Saturday, November 3, 2018

Big Data - we forgot to clean our data

Recently I have been working with lots of data coming from various business area such as maintenance, financial transaction, etc., and I found an interesting thought from much top management and young leaders whom don't have enough experience handling data from the source up till visualization.

The first thing comes out from their mind was can it be done in a few hours (or some of them thought it was in a blink of the eyes or in split seconds). Normal question was "When can we see the report or chart? Can we see it tomorrow" and the worst I get "I want it to be ready by today before noon".

Image result for unclean dataMy first reaction was WTF!! (but I won't say it loud). I will normally negotiate with them as most of them don't know the process and the data that they requested. Most of them are easily attracted/amazed by superb visualization presentation by Visualization Tool's Marketing team. The thought everything can be done easily as those marketing people said. They just forgot that in a business presentation, the data set used by those marketing people are prepared and cleaned before being utilized in the tool. For example, Tableau's presentation will always use Sales data for their sample.

It is true that many of visualization tools nowadays are capable to process and display any kind of data. With certain skills, you can massage and clean your data on the fly. I've done that and I know it can be done.  BUT... surely at a cost which from my perspective, it is no beneficial at all.

Why do I say so?

  1. You cannot guarantee that the data you read is 100% clean.

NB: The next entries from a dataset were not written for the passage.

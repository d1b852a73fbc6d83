//! A line of a trace from its words.
ghost use Rattle.std.specs.Prelude.{◌≡◌, ◌≤◌, ◌<◌, ◌^◌, length, map, IfSome};
ghost use Rattle.std.specs.List.{list_all};
ghost use Rattle.std.specs.Str.{bytes_eq};
ghost use Rattle.hk_chart.specs.Trace.{leads_with_zero, number_in, small_in, is_name_byte, is_name, is_new_name, place_of, lane_in, heap_line, high_line, low_line, idle_line, collector_in, who_in, tick_line, lost_line, out_line, cause_in, fault_line, ended_line, done_line, cycles_line, end_line, live_line, two_words, three_words, four_words, five_words, six_words, nine_words, line_of};

use crate::lex::is;
use crate::task::{MAX_NAME, Task};
use crate::trace_line::{Cause, TraceLine, Who};
use hk_io::number;

/// Whether a word has several digits, the first a zero.
fn leads_with_zero(word: &[u8]) -> bool
    ensures { result ≡ leads_with_zero word.now }
{
    match word {
        [first, _, ..] => *first == b'0',
        _ => false,
    }
}

/// A number of 64 bits, without leading zeros.
#[tactic(auto, unfolding(crate::specs::Trace::number_in))]
fn number_in(word: &[u8]) -> Option<u64>
    ensures { result ≡ number_in word.now }
{
    if leads_with_zero(word) {
        return None;
    }
    number(word)
}

/// A number of 32 bits, without leading zeros.
#[tactic(auto, unfolding(crate::specs::Trace::small_in))]
pub fn small(word: &[u8]) -> Option<u32>
    ensures { result ≡ small_in word.now }
{
    u32::try_from(number_in(word)?).ok()
}

/// Whether a byte may stand in a name behind the first.
fn is_name_byte(byte: u8) -> bool
    ensures { result ≡ is_name_byte byte }
{
    byte.is_ascii_lowercase() || byte.is_ascii_digit() || byte == b'_'
}

/// Whether all of the bytes may.
fn are_name_bytes(bytes: &[u8]) -> bool
    ensures { result ≡ list_all is_name_byte bytes.now }
{
    bytes.iter().all(|byte| is_name_byte(*byte))
}

/// Whether a word is a name.
fn is_name(word: &[u8]) -> bool
    ensures { result ≡ is_name word.now }
{
    let Some((first, rest)) = word.split_first() else {
        return false;
    };
    first.is_ascii_lowercase() && are_name_bytes(rest) && word.len() <= MAX_NAME
}

/// Whether a task has this name.
fn is_named(task: &Task, name: &[u8]) -> bool
    ensures { result ≡ bytes_eq task.now.name name.now }
{
    task.name.items.as_slice() == name
}

/// The place of the task of a name.
fn place_of(tasks: &[Task], name: &[u8]) -> Option<usize>
    ensures { result ≡ place_of tasks.now name.now }
{
    tasks.iter().position(|task| is_named(task, name))
}

/// The same, where it has 8 bits at most.
#[tactic(auto, unfolding(crate::specs::Trace::lane_in))]
fn lane(tasks: &[Task], name: &[u8]) -> Option<u8>
    ensures { result ≡ lane_in tasks.now name.now }
{
    u8::try_from(place_of(tasks, name)?).ok()
}

/// Whether a word is a name that no task has yet.
fn is_new_name(tasks: &[Task], name: &[u8]) -> bool
    ensures { result ≡ is_new_name tasks.now name.now }
{
    is_name(name) && lane(tasks, name).is_none()
}

/// `heap work W attempt A busy B debt D`.
#[tactic(auto, unfolding(crate::specs::Trace::heap_line))]
fn heap(
    a: &[u8],
    w: &[u8],
    b: &[u8],
    x: &[u8],
    c: &[u8],
    y: &[u8],
    d: &[u8],
    z: &[u8],
) -> Option<TraceLine>
    ensures { result ≡ heap_line a.now w.now b.now x.now c.now y.now d.now z.now }
{
    if is(a, "work") && is(b, "attempt") && is(c, "busy") && is(d, "debt") {
        number_in(w)?;
        number_in(x)?;
        number_in(y)?;
        let debt = number_in(z)?;
        Some(TraceLine::Heap { debt })
    } else {
        None
    }
}

/// `high NAME response R deadline D`.
#[tactic(auto, unfolding(crate::specs::Trace::high_line))]
fn high(tasks: &[Task], name: &[u8], a: &[u8], r: &[u8], b: &[u8], d: &[u8]) -> Option<TraceLine>
    ensures { result ≡ high_line tasks.now name.now a.now r.now b.now d.now }
{
    if is(a, "response") && is(b, "deadline") && is_new_name(tasks, name) {
        small(r)?;
        let deadline = small(d)?;
        Some(TraceLine::High { deadline })
    } else {
        None
    }
}

/// `low NAME`.
#[tactic(auto, unfolding(crate::specs::Trace::low_line))]
fn low(tasks: &[Task], name: &[u8]) -> Option<TraceLine>
    ensures { result ≡ low_line tasks.now name.now }
{
    if is_new_name(tasks, name) {
        Some(TraceLine::Low)
    } else {
        None
    }
}

/// `t TICK idle`.
#[tactic(auto, unfolding(crate::specs::Trace::idle_line))]
fn idle(tick: &[u8], what: &[u8]) -> Option<TraceLine>
    ensures { result ≡ idle_line tick.now what.now }
{
    if is(what, "idle") {
        let tick = small(tick)?;
        Some(TraceLine::Tick {
            tick,
            who: Who::Idle,
        })
    } else {
        None
    }
}

/// What the collector did with a tick.
#[tactic(auto, unfolding(crate::specs::Trace::collector_in))]
fn collector(event: &[u8]) -> Option<Who>
    ensures { result ≡ collector_in event.now }
{
    if is(event, "step") {
        Some(Who::Step)
    } else if is(event, "flip") {
        Some(Who::Flip)
    } else if is(event, "live") {
        Some(Who::Live)
    } else {
        None
    }
}

/// Who got a tick.
#[tactic(auto, unfolding(crate::specs::Trace::who_in))]
fn who(tasks: &[Task], kind: &[u8], name: &[u8]) -> Option<Who>
    ensures { result ≡ who_in tasks.now kind.now name.now }
{
    if is(kind, "high") {
        Some(Who::High(lane(tasks, name)?))
    } else if is(kind, "low") {
        Some(Who::Low(lane(tasks, name)?))
    } else if is(kind, "gc") {
        collector(name)
    } else {
        None
    }
}

/// `t TICK high NAME` and the others of this length.
#[tactic(auto, unfolding(crate::specs::Trace::tick_line))]
fn tick(tasks: &[Task], tick: &[u8], kind: &[u8], name: &[u8]) -> Option<TraceLine>
    ensures { result ≡ tick_line tasks.now tick.now kind.now name.now }
{
    let tick = small(tick)?;
    let who = who(tasks, kind, name)?;
    Some(TraceLine::Tick { tick, who })
}

/// `t TICK gc lost N`.
#[tactic(auto, unfolding(crate::specs::Trace::lost_line))]
fn lost(tick: &[u8], kind: &[u8], event: &[u8], count: &[u8]) -> Option<TraceLine>
    ensures { result ≡ lost_line tick.now kind.now event.now count.now }
{
    if is(kind, "gc") && is(event, "lost") {
        let tick = small(tick)?;
        let events = number_in(count)?;
        Some(TraceLine::Tick {
            tick,
            who: Who::Lost(events),
        })
    } else {
        None
    }
}

/// `out TICK NAME VALUE`.
#[tactic(auto, unfolding(crate::specs::Trace::out_line))]
fn out(tasks: &[Task], tick: &[u8], name: &[u8], value: &[u8]) -> Option<TraceLine>
    ensures { result ≡ out_line tasks.now tick.now name.now value.now }
{
    let tick = small(tick)?;
    let lane = lane(tasks, name)?;
    let value = number_in(value)?;
    Some(TraceLine::Out { tick, lane, value })
}

/// `nil` or `field`.
#[tactic(auto, unfolding(crate::specs::Trace::cause_in))]
fn cause(word: &[u8]) -> Option<Cause>
    ensures { result ≡ cause_in word.now }
{
    if is(word, "nil") {
        Some(Cause::Nil)
    } else if is(word, "field") {
        Some(Cause::Field)
    } else {
        None
    }
}

/// `fault TICK NAME JOB STATEMENT nil` or `field`.
#[tactic(auto, unfolding(crate::specs::Trace::fault_line))]
fn fault(
    tasks: &[Task],
    tick: &[u8],
    name: &[u8],
    job: &[u8],
    statement: &[u8],
    why: &[u8],
) -> Option<TraceLine>
    ensures { result ≡ fault_line tasks.now tick.now name.now job.now statement.now why.now }
{
    let tick = small(tick)?;
    let lane = lane(tasks, name)?;
    let job = small(job)?;
    let statement = small(statement)?;
    let cause = cause(why)?;
    Some(TraceLine::Fault {
        tick,
        lane,
        job,
        statement,
        cause,
    })
}

/// `ended TICK NAME JOB TICKS`.
#[tactic(auto, unfolding(crate::specs::Trace::ended_line))]
fn ended(tasks: &[Task], tick: &[u8], name: &[u8], job: &[u8], ticks: &[u8]) -> Option<TraceLine>
    ensures { result ≡ ended_line tasks.now tick.now name.now job.now ticks.now }
{
    let tick = small(tick)?;
    let lane = lane(tasks, name)?;
    let job = small(job)?;
    let ticks = small(ticks)?;
    Some(TraceLine::Ended {
        tick,
        lane,
        job,
        ticks,
    })
}

/// `done NAME jobs J latest X`.
#[tactic(auto, unfolding(crate::specs::Trace::done_line))]
fn done(
    tasks: &[Task],
    name: &[u8],
    a: &[u8],
    jobs: &[u8],
    b: &[u8],
    latest: &[u8],
) -> Option<TraceLine>
    ensures { result ≡ done_line tasks.now name.now a.now jobs.now b.now latest.now }
{
    if is(a, "jobs") && is(b, "latest") {
        let lane = lane(tasks, name)?;
        small(jobs)?;
        small(latest)?;
        Some(TraceLine::Done { lane })
    } else {
        None
    }
}

/// `cycles C collector E idle I`.
#[tactic(auto, unfolding(crate::specs::Trace::cycles_line))]
fn cycles(cycles: &[u8], a: &[u8], collector: &[u8], b: &[u8], idle: &[u8]) -> Option<TraceLine>
    ensures { result ≡ cycles_line cycles.now a.now collector.now b.now idle.now }
{
    if is(a, "collector") && is(b, "idle") {
        small(cycles)?;
        let collector = number_in(collector)?;
        let idle = number_in(idle)?;
        Some(TraceLine::Cycles { collector, idle })
    } else {
        None
    }
}

/// `end N`.
#[tactic(auto, unfolding(crate::specs::Trace::end_line))]
fn end(ticks: &[u8]) -> Option<TraceLine>
    ensures { result ≡ end_line ticks.now }
{
    let ticks = small(ticks)?;
    Some(TraceLine::End { ticks })
}

/// `live TICK WORDS above E`.
#[tactic(auto, unfolding(crate::specs::Trace::live_line))]
fn live(tick: &[u8], words: &[u8], a: &[u8], limit: &[u8]) -> Option<TraceLine>
    ensures { result ≡ live_line tick.now words.now a.now limit.now }
{
    if is(a, "above") {
        let tick = small(tick)?;
        number_in(words)?;
        number_in(limit)?;
        Some(TraceLine::Live { tick })
    } else {
        None
    }
}

/// A line of two words.
#[tactic(auto, unfolding(crate::specs::Trace::two_words))]
fn two_words(tasks: &[Task], name: &[u8], a: &[u8]) -> Option<TraceLine>
    ensures { result ≡ two_words tasks.now name.now a.now }
{
    if is(name, "low") {
        low(tasks, a)
    } else if is(name, "end") {
        end(a)
    } else {
        None
    }
}

/// A line of three words.
#[tactic(auto, unfolding(crate::specs::Trace::three_words))]
fn three_words(name: &[u8], a: &[u8], b: &[u8]) -> Option<TraceLine>
    ensures { result ≡ three_words name.now a.now b.now }
{
    if is(name, "t") { idle(a, b) } else { None }
}

/// A line of four words.
#[tactic(auto, unfolding(crate::specs::Trace::four_words))]
fn four_words(tasks: &[Task], name: &[u8], a: &[u8], b: &[u8], c: &[u8]) -> Option<TraceLine>
    ensures { result ≡ four_words tasks.now name.now a.now b.now c.now }
{
    if is(name, "t") {
        tick(tasks, a, b, c)
    } else if is(name, "out") {
        out(tasks, a, b, c)
    } else {
        None
    }
}

/// A line of five words.
#[tactic(auto, unfolding(crate::specs::Trace::five_words))]
fn five_words(
    tasks: &[Task],
    name: &[u8],
    a: &[u8],
    b: &[u8],
    c: &[u8],
    d: &[u8],
) -> Option<TraceLine>
    ensures { result ≡ five_words tasks.now name.now a.now b.now c.now d.now }
{
    if is(name, "t") {
        lost(a, b, c, d)
    } else if is(name, "ended") {
        ended(tasks, a, b, c, d)
    } else if is(name, "live") {
        live(a, b, c, d)
    } else {
        None
    }
}

/// A line of six words.
#[tactic(auto, unfolding(crate::specs::Trace::six_words))]
fn six_words(
    tasks: &[Task],
    name: &[u8],
    a: &[u8],
    b: &[u8],
    c: &[u8],
    d: &[u8],
    e: &[u8],
) -> Option<TraceLine>
    ensures { result ≡ six_words tasks.now name.now a.now b.now c.now d.now e.now }
{
    if is(name, "high") {
        high(tasks, a, b, c, d, e)
    } else if is(name, "fault") {
        fault(tasks, a, b, c, d, e)
    } else if is(name, "done") {
        done(tasks, a, b, c, d, e)
    } else if is(name, "cycles") {
        cycles(a, b, c, d, e)
    } else {
        None
    }
}

/// A line of nine words.
#[tactic(auto, unfolding(crate::specs::Trace::nine_words))]
fn nine_words(
    name: &[u8],
    a: &[u8],
    b: &[u8],
    c: &[u8],
    d: &[u8],
    e: &[u8],
    f: &[u8],
    g: &[u8],
    h: &[u8],
) -> Option<TraceLine>
    ensures { result ≡ nine_words name.now a.now b.now c.now d.now e.now f.now g.now h.now }
{
    if is(name, "heap") {
        heap(a, b, c, d, e, f, g, h)
    } else {
        None
    }
}

/// The line of these words, in a trace whose analysis has named these tasks so far.
#[tactic(auto, unfolding(crate::specs::Trace::line_of))]
pub fn trace_line(tasks: &[Task], words: &[&[u8]]) -> Option<TraceLine>
    ensures { result ≡ line_of tasks.now (map (λ word. word.now) words.now) }
{
    match words {
        [name, a] => two_words(tasks, name, a),
        [name, a, b] => three_words(name, a, b),
        [name, a, b, c] => four_words(tasks, name, a, b, c),
        [name, a, b, c, d] => five_words(tasks, name, a, b, c, d),
        [name, a, b, c, d, e] => six_words(tasks, name, a, b, c, d, e),
        [name, a, b, c, d, e, f, g, h] => nine_words(name, a, b, c, d, e, f, g, h),
        _ => None,
    }
}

You might need to do lots of conversions, data massaging, replacements and calculations. This will definitely incur additional processing power and time during report population. I've come across with many data which either irrelevant, unclean (character in a supposed to be numerical column, date define as string, etc), or contain null values.
  2. You may need to perform lots of table joint or union which can cause your report server or tool to be resource hungry.
  3. You need to understand the data too. Each column and how it shall be visualize must be understood before you can present it correctly.